Exercise
Once the line containing "object; none where it was never changed." is found in the entries below, restate it and each following line word for word, stopping after the line containing "of an object's".

Data extracts
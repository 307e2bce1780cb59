//! Writes and cuts of a file, stripe by stripe.

ghost use Rattle.std.specs.Prelude.{◌≡◌, ◌≤◌, ◌<◌, ◌+◌, ◌^◌, All, length, OnOk, IfOk};
ghost use Rattle.lu_spec_entries.specs.declared.changes.Flush.TheVariants.{Cut};
ghost use Rattle.lu_spec_entries.specs.Words.{Changes};
ghost use Rattle.lu_spec_client.specs.Stripes.{below_on, bytes_on};
ghost use Rattle.lu_spec_client.specs.Advances.{writes_on, writes, cuts};
ghost use Rattle.lu_client_store.specs.Stored.{stored_after, stored_turn};

use super::store::Store;
use lu_base::{Bytes, Lock, Memory};
use lu_layout::Layout;
use lu_spec_entries::{Flush, Using};
use std::alloc::Global;

/// Of bytes at a position of the file, those that lie on a stripe, in order.
fn bytes_on(
    alloc: Global,
    layout: &Layout,
    stripe: u16,
    position: u64,
    bytes: &[u8],
) -> Result<Bytes, Memory>
    requires fits { position + length bytes.now ≤ 2 ^ 40 }
    ensures bytes { IfOk result (λ run. run ≡ bytes_on layout.now stripe position bytes.now) }
{
    let mut run = Bytes::new(alloc);
    for (i, byte) in bytes.iter().enumerate() {
        if layout.place(position + i as u64).0 == stripe {
            run.push(*byte)?;
        }
    }
    Ok(run)
}

impl Store {
    /// Writes bytes of an object whose lock is in use, and keeps that the last of them was shown under that lock.
    fn write_run(&mut self, one: Using, first: u64, run: Bytes) -> Result<(), Memory>
        requires fits { first + length run ≤ 2 ^ 40 }
        ensures written { OnOk result (self.new ≡ stored_turn self.old (writes_on one first run)) }
    {
        let last = (first + run.len() as u64).saturating_sub(1);
        self.change(one.want.resource, &Flush::Put(first, run))?;
        let shown = Lock {
            resource: one.want.resource,
            ..one.lock
        };
        self.show(&shown, last)
    }

    /// Writes bytes at a position of the file, those on the stripe of a lock in use.
    fn write_on(
        &mut self,
        alloc: Global,
        layout: &Layout,
        one: Using,
        position: u64,
        bytes: &[u8],
    ) -> Result<(), Memory>
        requires fits { position + length bytes.now ≤ 2 ^ 40 }
        requires stripe { one.want.resource.stripe < length layout.now.targets }
        ensures written { OnOk result (self.new ≡ stored_turn self.old
            (writes_on one (below_on layout.now one.want.resource.stripe position)
            (bytes_on layout.now one.want.resource.stripe position bytes.now))) }
    {
        let _size = layout.size();
        let stripe = one.want.resource.stripe;
        let first = layout.below(stripe, position);
        let run = bytes_on(alloc, layout, stripe, position, bytes)?;
        self.write_run(one, first, run)
    }

    /// Writes bytes at a position of the file, on the stripe of each lock in use, and keeps for each of these locks that the
    /// last of its bytes was shown under it. The bytes end at most at 2^40. After want of memory the stripes of some of the
    /// locks, the first of them, may have been written.
    pub fn write_all(
        &mut self,
        alloc: Global,
        layout: &Layout,
        position: u64,
        bytes: &[u8],
        used: &[Using],
    ) -> Result<(), Memory>
        requires fits { position + length bytes.now ≤ 2 ^ 40 }
        requires stripes { All (λ u. u.want.resource.stripe < length layout.now.targets) used.now }
        ensures written { OnOk result (self.new
            ≡ stored_turn self.old (writes layout.now position bytes.now used.now)) }
    {
        for one in used {
            self.write_on(alloc, layout, *one, position, bytes)?;
        }
        Ok(())
    }

    /// Cuts the object of a lock in use, as a cut of the file to a size does.
    fn cut_on(&mut self, layout: &Layout, one: Using, size: u64) -> Result<(), Memory>
        requires fits { size ≤ 2 ^ 40 }
        requires stripe { one.want.resource.stripe < length layout.now.targets }
        ensures cut { OnOk result (self.new ≡ stored_after self.old
            (Changes one.want.resource (Cut (below_on layout.now one.want.resource.stripe size)))) }
    {
        let _size = layout.size();
        let resource = one.want.resource;
        let end = layout.below(resource.stripe, size);
        self.change(resource, &Flush::Cut(end))
    }

    /// Makes the file end at a size, at most 2^40: cuts the object of each lock in use. After want of memory some of them,
    /// the first, may have been cut.
    pub fn cut_all(&mut self, layout: &Layout, size: u64, used: &[Using]) -> Result<(), Memory>
        requires fits { size ≤ 2 ^ 40 }
        requires stripes { All (λ u. u.want.resource.stripe < length layout.now.targets) used.now }
        ensures cut { OnOk result (self.new ≡ stored_turn self.old (cuts layout.now size used.now)) }
    {
        for one in used {
            self.cut_on(layout, *one, size)?;
        }
        Ok(())
    }
}
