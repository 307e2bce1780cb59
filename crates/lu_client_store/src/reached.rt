//! Whether a read has reached its end.

ghost use Rattle.std.specs.Prelude.{◌≡◌, ◌&&◌, not, IfOk};
ghost use Rattle.lu_held.specs.declared.locks.Wanted.TheVariants.{Holding};
ghost use Rattle.lu_held.specs.Locks.{reaches_end};
ghost use Rattle.lu_held.specs.Held.{those};
ghost use Rattle.lu_spec_client.specs.Looks.{shown_under, shown_elsewhere, reached_under, has_reached};

use super::pages::reaches_end;
use super::store::Store;
use lu_base::{Lock, Memory, Resource, TargetId};
use lu_layout::Layout;
use lu_spec_entries::Using;
use std::alloc::Global;

impl Store {
    /// Whether a byte at or past an offset was shown under a lock.
    fn is_shown_under(&self, offset: u64, lock: &Lock) -> bool
        ensures shown { result ≡ shown_under offset self.now.store lock.now }
    {
        match self.shown(lock) {
            Some(last) => offset <= last,
            None => false,
        }
    }

    /// Whether one was shown under a lock that doesn't reach the end.
    fn is_shown_before_end(&self, offset: u64, lock: &Lock) -> bool
        ensures shown { result ≡ not (reaches_end lock.now.ask.policy) && shown_under offset self.now.store lock.now }
    {
        if reaches_end(lock) {
            return false;
        }
        self.is_shown_under(offset, lock)
    }

    /// Whether one was shown under some held lock that covers the offset, isn't called back and doesn't reach the end.
    fn is_shown_elsewhere(
        &self,
        alloc: Global,
        target: TargetId,
        resource: Resource,
        offset: u64,
    ) -> Result<bool, Memory>
        ensures shown { IfOk result (λ shown. shown
            ≡ shown_elsewhere offset self.now.store (those (Holding target resource offset) self.now.store.held)) }
    {
        let mut passed = Vec::new(alloc);
        while let Some(lock) = self.covering(target, resource, offset, passed.len()) {
            if self.is_shown_before_end(offset, lock) {
                return Ok(true);
            }
            passed.push(*lock)?;
        }
        Ok(false)
    }

    /// Whether a read has reached an offset of the object of a lock in use: the object's size lies past it, where the lock
    /// reaches the end; else a byte at or past it was shown.
    fn has_reached_under(&self, alloc: Global, offset: u64, one: Using) -> Result<bool, Memory>
        ensures reached { IfOk result (λ reached. reached ≡ reached_under offset one self.now.store) }
    {
        if reaches_end(&one.lock) {
            return Ok(offset < self.size_under(&one.lock));
        }
        if self.is_shown_under(offset, &one.lock) {
            return Ok(true);
        }
        self.is_shown_elsewhere(alloc, one.want.target, one.want.resource, offset)
    }

    /// Whether a read of the bytes up to this position has reached it, by the lock in use on its stripe: there is a byte at
    /// the position or past it, as far as the client knows. False where no lock is in use on that stripe. It takes memory
    /// only where it has to go through other held locks.
    pub fn has_reached(
        &self,
        alloc: Global,
        layout: &Layout,
        position: u64,
        used: &[Using],
    ) -> Result<bool, Memory>
        ensures reached { IfOk result (λ reached.
            reached ≡ has_reached layout.now position used.now self.now.store) }
    {
        let (stripe, offset) = layout.place(position);
        for one in used {
            if one.want.resource.stripe == stripe {
                return self.has_reached_under(alloc, offset, *one);
            }
        }
        Ok(false)
    }
}
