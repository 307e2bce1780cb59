//! Bytes of a file as a read is told them: the runs of its objects, unit by unit.

ghost use Rattle.std.specs.Prelude.{◌≡◌, ◌<◌, ◌≤◌, ◌+◌, ◌++◌, ◌%◌, ◌^◌, [], length, unwrap_or, IfOk, OnOk};
ghost use Rattle.std.specs.Option.{option_copied};
ghost use Rattle.lu_spec_bytes.specs.Runs.{found_run};
ghost use Rattle.lu_spec_client.specs.Caches.{bytes_at};
ghost use Rattle.lu_spec_client.specs.Looks.{content};
ghost use Rattle.lu_spec_client.specs.Patches.{clean};
ghost use Rattle.lu_client_store.specs.Runs.{seen_at, seen_run, run_on};

use super::store::Store;
use lu_base::{Bytes, Fid, Memory, Resource};
use lu_layout::Layout;
use lu_page::Places;
use lu_patch::Patch;
use std::alloc::Global;
use std::cmp::min;

/// How many of so many positions from one on lie in its unit: all up to the unit's end.
fn left_of_unit(layout: &Layout, position: u64, count: u64) -> u64
    ensures within { result ≤ count }
    ensures some { 0 < count → 0 < result }
    ensures unit { position % layout.now.size + result ≤ layout.now.size }
{
    let size = layout.size();
    min(count, size - position % size)
}

/// A byte of an object as a read takes it: the client's own changes lie over what is known, and what is neither is 0.
fn seen_at(patch: Option<&Patch>, offset: u64, known: Option<u8>) -> u8
    ensures byte { result ≡ seen_at (unwrap_or (option_copied patch.entry) clean) offset known }
{
    let byte = match patch {
        Some(patch) => patch.byte(offset, known),
        None => known,
    };
    byte.unwrap_or(0)
}

/// Adds a run of bytes of an object from an offset on, by what is known of each.
fn add_seen(
    bytes: &mut Bytes,
    patch: Option<&Patch>,
    offset: u64,
    known: &[Option<u8>],
) -> Result<(), Memory>
    requires fits { offset + length known.now ≤ 2 ^ 63 }
    ensures added { OnOk result (bytes.new
        ≡ bytes.old ++ seen_run (unwrap_or (option_copied patch.entry) clean) offset known.now) }
{
    for (k, byte) in known.iter().enumerate() {
        bytes.push(seen_at(patch, offset + k as u64, *byte))?;
    }
    Ok(())
}

impl Store {
    /// What is known of each of so many bytes of an object from an offset on.
    fn known_run(
        &self,
        alloc: Global,
        resource: Resource,
        offset: u64,
        count: u64,
    ) -> Result<Vec<Option<u8>>, Memory>
        requires fits { offset + count ≤ 2 ^ 63 }
        ensures known { IfOk result (λ known.
            known.items ≡ found_run count (bytes_at resource self.now.store.bytes) offset) }
    {
        match self.bytes(resource) {
            Some(places) => places.read(alloc, offset, count),
            None => Places::new(alloc).read(alloc, offset, count),
        }
    }

    /// Adds a run of bytes of an object.
    fn add_run(
        &self,
        alloc: Global,
        bytes: &mut Bytes,
        resource: Resource,
        offset: u64,
        count: u64,
    ) -> Result<(), Memory>
        requires fits { offset + count ≤ 2 ^ 63 }
        ensures added { OnOk result (bytes.new ≡ bytes.old ++ run_on resource offset count self.now.store) }
    {
        let known = self.known_run(alloc, resource, offset, count)?;
        add_seen(bytes, self.patch(resource), offset, &known)
    }

    /// Adds bytes of a file that lie in one unit.
    fn add_unit(
        &self,
        alloc: Global,
        bytes: &mut Bytes,
        layout: &Layout,
        fid: Fid,
        position: u64,
        count: u64,
    ) -> Result<(), Memory>
        requires fits { position + count ≤ 2 ^ 40 }
        requires unit { position % layout.now.size + count ≤ layout.now.size }
        ensures added { OnOk result (bytes.new
            ≡ bytes.old ++ content layout.now fid self.now.store position count) }
    {
        let (stripe, offset) = layout.place(position);
        self.add_run(alloc, bytes, Resource { fid, stripe }, offset, count)
    }

    /// So many bytes of a file from a position on, as a read is told them: the client's own changes lie over what is known,
    /// and what is neither is 0. Position and end are at most 2^40.
    pub fn content(
        &self,
        alloc: Global,
        layout: &Layout,
        fid: Fid,
        position: u64,
        count: u64,
    ) -> Result<Bytes, Memory>
        requires fits { position + count ≤ 2 ^ 40 }
        ensures content { IfOk result (λ bytes. bytes ≡ content layout.now fid self.now.store position count) }
    {
        let mut bytes = Bytes::new(alloc);
        let mut done = 0;
        while done < count {
            let run = left_of_unit(layout, position + done, count - done);
            self.add_unit(alloc, &mut bytes, layout, fid, position + done, run)?;
            done += run;
        }
        Ok(bytes)
    }
}
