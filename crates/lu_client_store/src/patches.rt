//! A client's own changes, object by object.

ghost use Rattle.std.specs.Prelude.{◌≡◌, ◌≤◌, ◌+◌, ◌^◌, [], false, nat_lt, unwrap_or, is_some, IfOk, IfSome, OnOk, OnErr};
ghost use Rattle.std.specs.Option.{option_copied};
ghost use Rattle.lu_spec_entries.specs.Words.{Changes, Acks};
ghost use Rattle.lu_spec_client.specs.Patches.{clean, size_over, in_flight, cut_within, has_change, next_flush, dirty_in};
ghost use Rattle.lu_spec_client.specs.Caches.{patch_at, patches_after};
ghost use Rattle.lu_spec_client.specs.Locks.{dirty_total};
ghost use Rattle.lu_spec_client.specs.WriteBack.{is_clean};
ghost use Rattle.lu_client_store.specs.Stored.{IsInFile, patches_sent};
ghost use Rattle.lu_client_store.specs.Counting.{AreFew};

use super::objects::ObjectPatch;
use indexmap::IndexMap;
use lu_base::{Extent, Memory, Resource};
use lu_patch::Patch;
use lu_spec_entries::Flush;
use std::alloc::Global;
use std::marker::Model;

/// The changes of each object that a client has changed, in the order in which the objects came.
#[derive(Drop)]
pub(crate) struct Patches {
    alloc: Global,
    objects: IndexMap<Resource, ObjectPatch>,
    /// How many bytes of all objects are dirty, those in flight among them.
    total: u128,
}

impl Model for Patches {
    ghost use Rattle.std.specs.Prelude.{List};
    ghost use Rattle.lu_base.specs.declared.locks.Resource.{Resource as ResourceOf};
    ghost use Rattle.lu_spec_client.specs.Patches.{Patch as Shown};
    ghost use Rattle.lu_client_store.specs.Counting.{IsTotal};

    ghost Value = { List (ResourceOf × Shown) };

    ghost view = { λ p. p.objects.entries };

    ghost invariant = { λ p. IsTotal p.total p.objects.entries };
}

/// How many bytes of all objects are dirty, once so many of one are that were so many before.
fn recounted(
    objects: &IndexMap<Resource, ObjectPatch>,
    total: u128,
    before: u64,
    after: u64,
) -> u128
    requires few { AreFew objects.now.entries }
    requires changed { total + after ≡ dirty_total objects.now.entries + before }
    ensures counted { result ≡ dirty_total objects.now.entries }
{
    // There are fewer than 2^63 objects, each with fewer than 2^64 dirty bytes.
    let _objects = objects.len();
    total + after as u128 - before as u128
}

/// Whether a cut is pending: past the object's size a byte is 0 then, whatever the server has.
fn is_cut(patch: &Patch) -> bool
    ensures cut { result ≡ is_some patch.now.pending }
{
    patch.byte(patch.size_over(0), None).is_some()
}

/// Whether nothing is changed.
fn is_clean(patch: &Patch) -> bool
    ensures clean { result ≡ is_clean patch.now }
{
    if is_cut(patch) {
        return false;
    }
    patch.size_over(0) == 0
}

/// Whether a range without dirty bytes holds what the pending cut changes: the byte before its size, and all from there
/// on.
fn holds_cut(patch: &Patch, within: Extent) -> bool
    requires range { within.first ≤ within.last }
    requires bare { dirty_in within patch.now ≡ 0 }
    ensures cut { result ≡ is_some (cut_within within patch.now.pending) }
{
    if within.last < u64::MAX {
        return false;
    }
    if !is_cut(patch) {
        return false;
    }
    if within.first == 0 {
        return true;
    }
    patch.byte(within.first, None).is_none()
}

/// Whether there is a change in a range: dirty bytes, or a pending cut all of whose positions it holds.
fn has_change(patch: &Patch, within: Extent) -> bool
    ensures change { result ≡ has_change within patch.now }
{
    if patch.is_dirty_in(within) {
        return true;
    }
    if within.last < within.first {
        return false;
    }
    holds_cut(patch, within)
}

impl Patches {
    /// Nothing is changed. It takes no memory yet.
    pub(crate) fn new(alloc: Global) -> Patches
        ensures empty { result ≡ [] }
    {
        Patches {
            alloc,
            objects: IndexMap::new(alloc),
            total: 0,
        }
    }

    /// An object's entry; none where it was never changed.
    fn object(&self, resource: Resource) -> Option<&ObjectPatch>
        ensures patch { unwrap_or (option_copied result) clean ≡ patch_at resource self.now }
    {
        self.objects.get(&resource)
    }

    /// The changes of an object; none where it was never changed.
    pub(crate) fn of(&self, resource: Resource) -> Option<&Patch>
        ensures patch { unwrap_or (option_copied result) clean ≡ patch_at resource self.now }
    {
        match self.object(resource) {
            Some(object) => Some(object.patch()),
            None => None,
        }
    }

    /// Changes an object: cuts it, or writes bytes. After want of memory nothing has changed.
    pub(crate) fn change(&mut self, resource: Resource, change: &Flush) -> Result<(), Memory>
        requires fits { IsInFile change.now }
        ensures changed { OnOk result (self.new ≡ patches_after self.old (Changes resource change.now)) }
        ensures kept { OnErr result (self.new ≡ self.old) }
    {
        if let Some(object) = self.objects.get_mut(&resource) {
            let before = object.count();
            let made = object.change(change);
            let after = object.count();
            self.total = recounted(&self.objects, self.total, before, after);
            return made;
        }
        let mut object = ObjectPatch::new(self.alloc);
        object.change(change)?;
        let count = object.count();
        self.objects.insert(resource, object)?;
        self.total = recounted(&self.objects, self.total, 0, count);
        Ok(())
    }

    /// The next write-back of an object's changes in a range; none where there is no change in it. It is under way then;
    /// none is before. After want of memory nothing has changed.
    pub(crate) fn take_flush(
        &mut self,
        resource: Resource,
        within: Extent,
    ) -> Result<Option<Flush>, Memory>
        requires rests { in_flight (patch_at resource self.old) ≡ false }
        ensures flush { IfOk result (λ flush. flush ≡ next_flush within (patch_at resource self.old)) }
        ensures in_file { IfOk result (λ flush. IfSome flush IsInFile) }
        ensures sent { IfOk result (λ flush. self.new ≡ patches_sent resource flush self.old) }
        ensures kept { OnErr result (self.new ≡ self.old) }
    {
        if within.last < within.first {
            return Ok(None);
        }
        let Some(object) = self.objects.get_mut(&resource) else {
            return Ok(None);
        };
        let before = object.count();
        let flush = object.take_flush(within);
        let after = object.count();
        self.total = recounted(&self.objects, self.total, before, after);
        flush
    }

    /// Takes away what was in flight of an object and wasn't touched since.
    pub(crate) fn ack(&mut self, resource: Resource)
        ensures acked { self.new ≡ patches_after self.old (Acks resource) }
    {
        let Some(object) = self.objects.get_mut(&resource) else {
            return;
        };
        let unanswered = object.count();
        object.ack_flush();
        let left = object.count();
        self.total = recounted(&self.objects, self.total, unanswered, left);
    }

    /// Nothing is changed any more.
    pub(crate) fn clear(&mut self)
        ensures cleared { self.new ≡ [] }
    {
        *self = Patches::new(self.alloc);
    }

    /// The size of an object with its changes, where it had this one at the server.
    pub(crate) fn size_over(&self, resource: Resource, server: u64) -> u64
        ensures size { result ≡ size_over server (patch_at resource self.now) }
        ensures short { server ≤ 2 ^ 40 → result ≤ 2 ^ 40 }
    {
        match self.object(resource) {
            Some(object) => object.size_over(server),
            None => server,
        }
    }

    /// Whether a write-back of an object is under way.
    pub(crate) fn in_flight(&self, resource: Resource) -> bool
        ensures flies { result ≡ in_flight (patch_at resource self.now) }
    {
        match self.of(resource) {
            Some(patch) => patch.in_flight(),
            None => false,
        }
    }

    /// Whether nothing of an object is changed.
    pub(crate) fn is_clean(&self, resource: Resource) -> bool
        ensures clean { result ≡ is_clean (patch_at resource self.now) }
    {
        match self.of(resource) {
            Some(patch) => is_clean(patch),
            None => true,
        }
    }

    /// Whether there is a change of an object in a range: dirty bytes, or a pending cut all of whose positions it holds.
    pub(crate) fn has_change(&self, resource: Resource, within: Extent) -> bool
        ensures change { result ≡ has_change within (patch_at resource self.now) }
    {
        match self.of(resource) {
            Some(patch) => has_change(patch, within),
            None => false,
        }
    }

    /// Whether a byte of an object is dirty in a range, in flight or not.
    pub(crate) fn is_dirty_in(&self, resource: Resource, within: Extent) -> bool
        ensures dirty { result ≡ nat_lt 0 (dirty_in within (patch_at resource self.now)) }
    {
        match self.of(resource) {
            Some(patch) => patch.is_dirty_in(within),
            None => false,
        }
    }

    /// Whether more bytes than this are dirty, of all objects together.
    pub(crate) fn is_dirty_above(&self, limit: u64) -> bool
        ensures above { result ≡ nat_lt limit (dirty_total self.now) }
    {
        self.total > limit as u128
    }
}
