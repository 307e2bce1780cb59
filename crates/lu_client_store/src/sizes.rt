//! The sizes of objects and files, under the locks in use.

ghost use Rattle.std.specs.Prelude.{◌≡◌, ◌≤◌, ◌^◌, All, length, map};
ghost use Rattle.std.specs.List.{range_with_len};
ghost use Rattle.lu_spec_client.specs.Stripes.{stripes};
ghost use Rattle.lu_spec_client.specs.Looks.{size_under, size_on, file_size};

use super::store::Store;
use lu_base::Lock;
use lu_layout::Layout;
use lu_spec_entries::Using;

/// The most stripes of a file.
const MOST_STRIPES: usize = 8;

impl Store {
    /// The size of a lock's object, in bytes: that which is kept for the lock, with the client's own changes over it. Where
    /// none is kept, as for a lock that doesn't reach the end, it counts as 0. It is at most 2^40.
    pub fn size_under(&self, lock: &Lock) -> u64
        ensures size { result ≡ size_under lock.now self.now.store }
        ensures short { result ≤ 2 ^ 40 }
    {
        let server = self.size(lock.resource, lock.cookie).unwrap_or(0);
        self.size_over(lock.resource, server)
    }

    /// The size of a stripe's object under the lock in use on that stripe; 0 where no lock is.
    fn size_on(&self, stripe: u16, used: &[Using]) -> u64
        ensures size { result ≡ size_on stripe used.now self.now.store }
        ensures short { result ≤ 2 ^ 40 }
    {
        for one in used {
            if one.want.resource.stripe == stripe {
                return self.size_under(&one.lock);
            }
        }
        0
    }

    /// Writes the size of each stripe's object, from the first stripe on.
    fn put_sizes(&self, used: &[Using], into: &mut [u64])
        requires few { length into.old ≤ 8 }
        ensures sizes { into.new
            ≡ map (λ i. size_on i used.now self.now.store) (range_with_len 0 (length into.old)) }
        ensures short { All (λ n. n ≤ 2 ^ 40) into.new }
    {
        for (stripe, size) in into.iter_mut().enumerate() {
            *size = self.size_on(stripe as u16, used);
        }
    }

    /// The size of a file, in bytes, by the sizes of its objects under the locks in use. The object of a stripe with no lock
    /// in use counts as empty.
    pub fn file_size(&self, layout: &Layout, used: &[Using]) -> u64
        ensures size { result ≡ file_size layout.now (stripes layout.now) used.now self.now.store }
    {
        let mut sizes = [0; MOST_STRIPES];
        let sizes = &mut sizes[..layout.count() as usize];
        self.put_sizes(used, sizes);
        layout.file_size(sizes)
    }
}
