//! A client's changes of one object, none past the greatest size of a file.

ghost use Rattle.std.specs.Prelude.{◌≡◌, ◌≤◌, ◌^◌, false, length, IfOk, IfSome, OnOk, OnErr};
ghost use Rattle.lu_spec_client.specs.Patches.{clean, size_over, in_flight, next_flush, taken, acked};
ghost use Rattle.lu_spec_client.specs.Caches.{made};
ghost use Rattle.lu_client_store.specs.Stored.{IsInFile};

use lu_base::{Extent, Memory};
use lu_patch::Patch;
use lu_spec_entries::Flush;
use std::alloc::Global;
use std::marker::Model;

/// The changes of an object, which end at most at 2^40: its pending cut, and the dirty bytes over it.
#[derive(Drop)]
pub(crate) struct ObjectPatch {
    patch: Patch,
}

impl Model for ObjectPatch {
    ghost use Rattle.lu_spec_client.specs.Patches.{Patch as Shown};
    ghost use Rattle.lu_client_store.specs.Bounds.{IsBounded};

    ghost Value = { Shown };

    ghost view = { λ object. object.patch };

    ghost invariant = { λ object. IsBounded object.patch };
}

/// A change is made of a patch. After want of memory nothing has changed.
fn make(patch: &mut Patch, change: &Flush) -> Result<(), Memory>
    requires fits { IsInFile change.now }
    ensures made { OnOk result (patch.new ≡ made change.now patch.old) }
    ensures kept { OnErr result (patch.new ≡ patch.old) }
{
    match change {
        Flush::Cut(n) => patch.cut(*n),
        Flush::Put(at, bytes) => patch.write(*at, bytes.as_slice()),
    }
}

impl ObjectPatch {
    /// No change. It takes no memory yet.
    pub(crate) fn new(alloc: Global) -> ObjectPatch
        ensures clean { result ≡ clean }
    {
        ObjectPatch {
            patch: Patch::new(alloc),
        }
    }

    /// The changes.
    pub(crate) fn patch(&self) -> &Patch
        ensures patch { result.now ≡ self.now }
    {
        &self.patch
    }

    /// How many bytes are dirty, those in flight among them.
    pub(crate) fn count(&self) -> u64
        ensures count { result ≡ length self.now.dirty }
    {
        self.patch.count()
    }

    /// Changes the object: cuts it, or writes bytes. After want of memory nothing has changed.
    pub(crate) fn change(&mut self, change: &Flush) -> Result<(), Memory>
        requires fits { IsInFile change.now }
        ensures made { OnOk result (self.new ≡ made change.now self.old) }
        ensures kept { OnErr result (self.new ≡ self.old) }
    {
        make(&mut self.patch, change)
    }

    /// The next write-back of changes in a range; none where there is no change in it. It is under way then; none is
    /// before. After want of memory nothing has changed.
    pub(crate) fn take_flush(&mut self, within: Extent) -> Result<Option<Flush>, Memory>
        requires range { within.first ≤ within.last }
        requires rests { in_flight self.old ≡ false }
        ensures flush { IfOk result (λ flush. flush ≡ next_flush within self.old) }
        ensures in_file { IfOk result (λ flush. IfSome flush IsInFile) }
        ensures taken { IfOk result (λ flush. self.new ≡ taken flush self.old) }
        ensures kept { OnErr result (self.new ≡ self.old) }
    {
        self.patch.take_flush(within)
    }

    /// Takes away what was in flight and wasn't touched since.
    pub(crate) fn ack_flush(&mut self)
        ensures acked { self.new ≡ acked self.old }
    {
        self.patch.ack_flush();
    }

    /// The size of the object once it has the changes, where it had this one at the server.
    pub(crate) fn size_over(&self, server: u64) -> u64
        ensures size { result ≡ size_over server self.now }
        ensures short { server ≤ 2 ^ 40 → result ≤ 2 ^ 40 }
    {
        self.patch.size_over(server)
    }
}
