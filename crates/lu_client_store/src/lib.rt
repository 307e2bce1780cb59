//! What a client holds: its locks, what it knows under them, and its own changes of objects.
#![tactic(auto)]

mod content;
mod flushes;
mod looks;
mod objects;
mod pages;
mod patches;
mod reached;
mod sizes;
mod store;
mod stripes;

pub use flushes::WriteBack;
pub use store::Store;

Exercise response
    /// The changes of an object; none where it was never changed.
    pub(crate) fn of(&self, resource: Resource) -> Option<&Patch>
        ensures patch { unwrap_or (option_copied result) clean ≡ patch_at resource self.now }
    {
        match self.object(resource) {
            Some(object) => Some(object.patch()),
            None => None,
        }
    }

    /// Changes an object: cuts it, or writes bytes. After want of memory nothing has changed.
    pub(crate) fn change(&mut self, resource: Resource, change: &Flush) -> Result<(), Memory>
        requires fits { IsInFile change.now }
        ensures changed { OnOk result (self.new ≡ patches_after self.old (Changes resource change.now)) }
        ensures kept { OnErr result (self.new ≡ self.old) }
    {
        if let Some(object) = self.objects.get_mut(&resource) {
            let before = object.count();
            let made = object.change(change);
            let after = object.count();
            self.total = recounted(&self.objects, self.total, before, after);
            return made;
        }
        let mut object = ObjectPatch::new(self.alloc);
        object.change(change)?;
        let count = object.count();
        self.objects.insert(resource, object)?;
        self.total = recounted(&self.objects, self.total, 0, count);
        Ok(())
    }

    /// The next write-back of an object's changes in a range; none where there is no change in it. It is under way then;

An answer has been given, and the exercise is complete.